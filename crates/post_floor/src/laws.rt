//! Theorems over every floor: a caller calls one if its own proof needs what it promises.
ghost use Rattle.std.specs.Prelude.{◌≡◌, ◌+◌, ◌≤◌, ℕ, Bool, true, IsTrue, IsSome, List};
ghost use mathlib.Core.Option.{Option, some};
ghost use lib.ListN.{get_elem?};
ghost use Rattle.atomic_table.specs.Table.{State};
ghost use Rattle.road_graph.specs.GraphData.{HasArc, arc_of};
ghost use Rattle.scholten_core.specs.declared.event.Event.{Event};
ghost use Rattle.scholten_core.specs.Accounts.{count_marked, sent_on};
ghost use Rattle.scholten_core.specs.Diffusion.{HasEnded, opening};
ghost use Rattle.shard_store.specs.Setup.{SetupData, IsPlanned, network_of, place_in};
ghost use Rattle.shard_store.specs.Totals.{total};
ghost use Rattle.shard_part.specs.OnePart.{HasOneBestFirstPart};
ghost use Rattle.shard_part.specs.PartState.{PartData};
ghost use Rattle.shard_part.specs.Readings.{has_ended};
ghost use Rattle.shard_part.specs.Represents.{core_of};
ghost use Rattle.post_floor.specs.declared.view.View.{View};
ghost use Rattle.post_floor.specs.Floor.{Slot, flat, in_transit, FloorInvariant, FinalView, RepresentsQuiet, IsStill};

use path_algebra::PathAlgebra;

/// If the rule of the floor holds and a view has seen the done word at 1, all is over: the state
/// that all views and all mailboxes represent has ended and is quiet, its labels are best, and no
/// queue, outbox or mailbox holds an item.
pub fn seen_floors_are_quiet<A: PathAlgebra>(_algebra: A)
    ensures kept { (t : SetupData A) (s : State (Slot A.Value) (View A A.Value)) → IsPlanned t 0 →
        FloorInvariant A.meaning t s → (id : ℕ) (v : View A
        A.Value) → get_elem? s.views id ≡ some v → v.seen ≡ true →
        (events : List Event) × RepresentsQuiet A.meaning t (flat s.views) (in_transit t.plan.shards s.words s.homes) events }
    ensures settled { (t : SetupData A) (v : View A A.Value) (words : List ℕ)
        (homes : List
        (Option (Slot A.Value))) → IsPlanned t 0 → FinalView A.meaning t v words homes →
        v.seen ≡ true →
        (events : List Event) × RepresentsQuiet A.meaning t v.parts (in_transit t.plan.shards words homes) events }
{}

/// If the rule of the floor holds and nothing can be done, the diffusion has ended, and the part of
/// the source's shard knows it. Nothing can be done if no fill and no read has begun, each queue is
/// empty, each view that has a part has a next slot to and from each shard, no part's next mailbox
/// from another shard is full, and each outbox is empty or waits for a mailbox that is not.
pub fn still_floors_have_ended<A: PathAlgebra>(_algebra: A)
    ensures ended { (t : SetupData A) (s : State (Slot A.Value) (View A A.Value)) → IsPlanned t 0 →
        (r : FloorInvariant A.meaning t s) → IsStill t.plan.shards s → HasEnded (core_of A.meaning t r.events) }
    ensures known { (t : SetupData A) (s : State (Slot A.Value) (View A A.Value)) → IsPlanned t 0 →
        FloorInvariant A.meaning t s → IsStill t.plan.shards s →
        (id place : ℕ) (v : View A A.Value) (p : PartData A A.Value) → get_elem? s.views id ≡ some v →
        get_elem? v.parts place ≡ some p → p.shard ≡ place_in t 0 → has_ended p ≡ true }
{}

/// If the rule of the floor holds, and there is one shard, whose part takes its items best first,
/// the events to the state that all views and mailboxes represent have sent at most one message
/// along each arc. So the views have counted at most as many as there are arcs out of vertices with
/// a label, and one.
pub fn one_shard_sends_once_an_arc<A: PathAlgebra>(_algebra: A)
    ensures once { (t : SetupData A) (s : State (Slot A.Value) (View A A.Value)) → IsPlanned t 0 →
        HasOneBestFirstPart t → (r : FloorInvariant A.meaning t s) → (a : ℕ) →
        sent_on (A.meaning t.diffusion.algebra) (network_of t) a
        (opening (A.meaning t.diffusion.algebra) (network_of t)) r.events ≤ 1 }
    ensures most { (t : SetupData A) (s : State (Slot A.Value) (View A A.Value)) → IsPlanned t 0 →
        HasOneBestFirstPart t → (r : FloorInvariant A.meaning t s) → (marked : ℕ → Bool) →
        ((a : ℕ) → HasArc t.diffusion.roads a →
        IsSome ((core_of A.meaning t r.events).label (arc_of t.diffusion.roads a).tail) →
        IsTrue (marked a)) →
        total (λ v. v.sent) s.views ≤ 1 + count_marked t.diffusion.roads marked }
{}
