//! What one part knows at a floor, and which claims it has open there.
ghost use Rattle.std.specs.Prelude.{◌≡◌};

use crate::table::Pass;
use circular_buffer::HeapCircularBuffer;
use path_algebra::PathAlgebra;
use shard_part::Shard;
use std::marker::Model;

/// The place of one part at a floor: what it knows of the others, its open claims, and which slot
/// comes next for each other shard. It may move between threads.
#[derive(Drop)]
pub struct Seat<A: PathAlgebra> {
    pub(crate) pass: Pass<A>,
    pub(crate) own: Shard,
    pub(crate) claims: HeapCircularBuffer<usize>,
    pub(crate) next_fill: Vec<u8>,
    pub(crate) next_read: Vec<u8>,
}

impl<A: PathAlgebra> Model for Seat<A> {
    ghost use Rattle.post_floor.specs.Data.{SeatData, IsSeat};

    ghost Value = { SeatData A A.Value };

    ghost view = { λ s. record { floor = s.pass.table_id; shard = s.own; knows = s.pass.me.0 } };

    ghost invariant = { λ s. IsSeat (record { floor = s.pass.table_id; shard = s.own; knows = s.pass.me.0 }) s.pass.me.1 s.claims.items s.claims.capacity s.next_fill.items s.next_read.items };
}

impl<A: PathAlgebra> Seat<A> {
    /// The shard of its part.
    pub fn shard(&self) -> Shard
        ensures { result ≡ self.now.shard }
    {
        self.own
    }
}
================================
What the task requires: Locate all lines in the listing above with the word "flat" and copy them.

Task result:
ghost use Rattle.post_floor.specs.Floor.{Slot, flat, in_transit, FloorInvariant, FinalView, RepresentsQuiet, IsStill};
        (events : List Event) × RepresentsQuiet A.meaning t (flat s.views) (in_transit t.plan.shards s.words s.homes) events }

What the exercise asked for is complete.